What have we seen so far? He was a very efficient scorer; shooting over 43% from the field and 41% from three. Those are both really solid numbers for a guard, especially a smaller guy who relies on his jump shot. In high school he would get most of his baskets by going to the rack and scoring off the dribble. Last year, he got most of his points from long range; well over half of his field goal attempts were from behind the arc. This is not surprising; obviously it is harder to score at the basket in college, especially for a smaller guard. It will be interesting to see how he adjusts his game this year, considering he will play point guard most of the time and will have increased attention on him. I expect him to take more two-point field goals than last season, but how many more? Whenever I watched him in high school, i was stunned by how fluent and quick his pull-up jumper was. Appling would break his man down off-the-dribble, then stop on a dime and get in to his shooting motion. I expect to see him work that in to his game quite a bit this year.
He had a few huge moments last year; he almost single-handedly won the Northwestern game at home. MSU was struggling mightily and was down late in the game. Appling displayed some “onions” (If you don’t know what that means, consult this article.) by hitting a few mammoth threes to bring the team back and making some crucial free throws down the stretch. Last year he had Kalin Lucas and Durrell Summers hogging the ball and a lot of the shots, and was not asked to contribute a ton on offense. This year, things are much different.
Another great part of Appling’s game is his on-ball defense. He moves well laterally, and is a strong guy for a player of his size. He emerged as one of the team’s better perimeter defenders last year, and I’m expecting big things this year.
Keith made the US under-19 national team this off-season. He played sparingly during the early part of the tournament, but was given big minutes in the 5th place game (it is pathetic that this crop of players only won 5th, but that is another topic for another time).

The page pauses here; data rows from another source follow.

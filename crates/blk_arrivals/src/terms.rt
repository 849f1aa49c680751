//! How a capture becomes a script, and why it doesn't.

ghost use Rattle.std.specs.Prelude.{◌≡◌, ◌<◌, IfOk, IfErr};
ghost use Rattle.edd_commands.specs.Order.{IsFirstFault};
ghost use Rattle.blk_trace.specs.Setups.{IsSetup};
ghost use Rattle.blk_arrivals.specs.Names.{arrivals_told};
ghost use Rattle.blk_arrivals.specs.Scripts.{usual_limits, expiry_rounds, script_setup};
ghost use Rattle.blk_arrivals.specs.Inside.Scripts.{term_rules};

use blk_bio::{Limits, MAX_SEGMENTS};
use blk_queues::MAX_STAGED;
use blk_text::MAX_DEPTH_1;
use blk_trace::{Setup, SetupFault};
use edd_commands::{Fault, Told, told};
use thiserror::Error;

/// The depth where none is asked for: the most tags of a version 1 script.
pub const USUAL_DEPTH: u64 = MAX_DEPTH_1;

/// The most sectors of a request of several bios: Linux's default `max_sectors_kb` of 1,280.
const USUAL_SECTORS: u64 = 2_560;

/// The most bios of a request: Linux's default of segments.
const USUAL_SEGMENTS: u64 = MAX_SEGMENTS;

/// How many requests a software queue has room for: as many as two full plugs.
pub(crate) const USUAL_SOFT_DEPTH: u64 = 2 * MAX_STAGED as u64;

/// How a capture becomes a script.
#[derive(Clone, Copy, Debug, PartialEq, Eq)]
pub struct Terms {
    /// The length of a round, in nanoseconds, at least 1.
    pub round: u64,
    /// How many commands a round carries, 1 to [`edd_commands::MAX_DEPTH`].
    pub depth: u64,
    /// How soon a read is due, in nanoseconds. In rounds, rounded down and at least 1, it lies below [`blk_trace::MAX_EXPIRIES`].
    pub read_expire: u64,
    /// How soon a write is due, likewise.
    pub write_expire: u64,
}

/// Why a capture can't become a script, in the order in which the reasons are looked for.
#[derive(Clone, Copy, Debug, PartialEq, Eq, Error)]
#[error("{}", self.name())]
pub enum ArrivalsFault {
    /// A round has no length.
    Round,
    /// No setup has this depth or, in rounds, these expiries. It is never for the hardware queues, since there is one.
    Setup(SetupFault),
    /// There are more than [`blk_bio::MAX_SOFT_QUEUES`] submitters, by their processes and by the processors too.
    TooMany,
    /// A bio comes in after round [`blk_text::MAX_RUN`]: a trace has no room for that many ticks.
    TraceFull,
    /// There are more than [`blk_text::MAX_STEPS`] steps.
    TooLong,
    /// Memory ran out.
    Memory,
}

impl Fault for ArrivalsFault {
    ghost told = { arrivals_told };

    fn told(&self) -> Told {
        told!(self: ArrivalsFault {
            Round,
            Setup(fault) by fault,
            TooMany,
            TraceFull,
            TooLong,
            Memory => Memory,
        })
    }
}

/// The limits of a request of several bios.
fn usual_limits() -> Limits
    ensures { result ≡ usual_limits }
{
    match Limits::new(USUAL_SECTORS, USUAL_SEGMENTS) {
        Ok(limits) => limits,
        Err(_) => unreachable!(),
    }
}

/// An expiry in rounds of a length.
fn expiry_rounds(expire: u64, span: u64) -> u64
    requires { 0 < span }
    ensures { result ≡ expiry_rounds expire span }
{
    (expire / span).max(1)
}

/// The setup of the script.
pub(crate) fn script_setup(terms: &Terms) -> Result<Setup, ArrivalsFault>
    ensures ok { IfOk result (λ setup. setup ≡ script_setup terms.now) }
    ensures kept { IfOk result (λ _. (0 < terms.now.round) × IsSetup (script_setup terms.now)) }
    ensures err { IfErr result (IsFirstFault (term_rules terms.now)) }
{
    if terms.round == 0 {
        return Err(ArrivalsFault::Round);
    }
    let read = expiry_rounds(terms.read_expire, terms.round);
    let write = expiry_rounds(terms.write_expire, terms.round);
    match Setup::new(terms.depth, 1, read, write, usual_limits()) {
        Ok(setup) => Ok(setup),
        Err(fault) => Err(ArrivalsFault::Setup(fault)),
    }
}
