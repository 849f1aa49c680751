//! The arrivals of a capture as a script: what came in, to be run under the schedulers of the model.
//!
//! [`script_of`] makes the script, and [`script_text`] its text. Rounds have a fixed length, so the script is good for comparing policies
//! on a shape of load, and says nothing of misses by the clock: for these there is [`blk_capture::rounds_of`].
#![tactic(auto)]

mod builder;
mod coming;
mod effects;
pub mod laws;
mod script;
mod terms;
mod text;

pub use coming::ToldBy;
pub use script::script_of;
pub use terms::{ArrivalsFault, Terms, USUAL_DEPTH};
pub use text::script_text;
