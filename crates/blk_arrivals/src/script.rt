//! The script of a capture's arrivals.

ghost use Rattle.std.specs.Prelude.{◌≡◌, ◌⊎◌, IfOk, IfErr, length};
ghost use Rattle.edd_commands.specs.Order.{IsFirstFault};
ghost use Rattle.blk_capture.specs.Requests.{AreInOrder};
ghost use Rattle.blk_text.specs.Script.{IsScript, scripted};
ghost use Rattle.blk_arrivals.specs.Brought.{arriving_bios, brought_by};
ghost use Rattle.blk_arrivals.specs.Coming.{submitters_of};
ghost use Rattle.blk_arrivals.specs.Scripts.{script_rules, script_of};
ghost use Rattle.blk_arrivals.specs.Staged.{KeepPlugs, no_bios};

use crate::builder::steps_of;
use crate::coming::{begin_of, come_in_time, submitters_of};
use crate::terms::{ArrivalsFault, Terms, USUAL_SOFT_DEPTH, script_setup};
use blk_capture::Record;
use blk_text::Script;
use std::alloc::Global;

/// The bios of a capture that came in, as a script: one that is queued and not passed over, each once and whole, in the order of the
/// records and in the round of its time. The first record is in round 0. The times of the records don't fall.
///
/// Submitters are the processes, in the order of their first bios, or the processors where there are more processes than a script may have
/// submitters. A bio's serial is its number among all, from 0 on. A plug is flushed, and drained, where the capture unplugs it in the same
/// round, before a bio comes in where [`blk_queues::MAX_STAGED`] stand in it, and at the end of a round. At the end as many rounds run as
/// there are bios, so that all are served, whatever the scheduler.
///
/// Fails with the first of [`ArrivalsFault`]; memory may run out at any place. Its time grows as n times the number of submitters.
pub fn script_of(alloc: Global, records: &[Record], terms: &Terms) -> Result<Script, ArrivalsFault>
    requires { AreInOrder records.now (length records.now) }
    ensures ok { IfOk result (λ s. scripted s ≡ script_of terms.now records.now) }
    // it may be written, and reads back
    ensures script { IfOk result (λ s. IsScript (scripted s)) }
    // each bio that came in once, in the round of its time
    ensures bios { IfOk result (λ s. brought_by 0 s.lines.items ≡ arriving_bios terms.now records.now) }
    // no plug gets more than it holds, and none holds any when a round ends
    ensures plugs { IfOk result (λ s. KeepPlugs (no_bios (length (submitters_of records.now))) s.lines.items) }
    ensures err { IfErr result (λ f. (f ≡ ArrivalsFault.Memory) ⊎ IsFirstFault (script_rules terms.now records.now) f) }
{
    let setup = match script_setup(terms) {
        Ok(setup) => setup,
        Err(fault) => return Err(fault),
    };
    let found = match submitters_of(alloc, records) {
        Ok(Some(submitters)) => submitters,
        Ok(None) => return Err(ArrivalsFault::TooMany),
        Err(_) => return Err(ArrivalsFault::Memory),
    };
    if !come_in_time(begin_of(records), terms.round, records) {
        return Err(ArrivalsFault::TraceFull);
    }
    let submitters = (found.keys.len() as u64).max(1);
    match steps_of(
        alloc,
        found.told,
        found.keys.as_slice(),
        terms.round,
        records,
    ) {
        Ok(lines) => Ok(Script {
            setup,
            soft_depth: USUAL_SOFT_DEPTH,
            submitters,
            lines,
        }),
        Err(fault) => Err(fault),
    }
}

In the final game he was big, scoring six points in the fourth quarter, and directing the team’s offense as the point guard.
Even though he didn’t play much in the tournament, it was certainly a valuable experience for him. He played PG the whole tournament, and took the floor against some great competition in practice. Hopefully he refined his point guard skills overseas, because I am (tentatively) expecting him to be the starting PG with Brandon Wood playing off-the-ball. Luckily for Tom Izzo, Appling doesn’t seem to mind where he plays, he just wants to be on the floor and want the ball. Good, because he will get the ball a lot this year.
WHAT HE NEEDS TO WORK ON:
A lot of this depends on what Tom Izzo is going to want from him going in to next year. Will Izzo expect him to be the starting point guard? If so, obviously Appling will need to work on his ability to distribute and run the offense, as he has very little experience doing that at the college level. He is definitely a combo guard who has played shooting guard a ton in his career. I have confidence Appling can step in and play the point at a high level, but he needs to brush up on his ball-handling and distributing skills.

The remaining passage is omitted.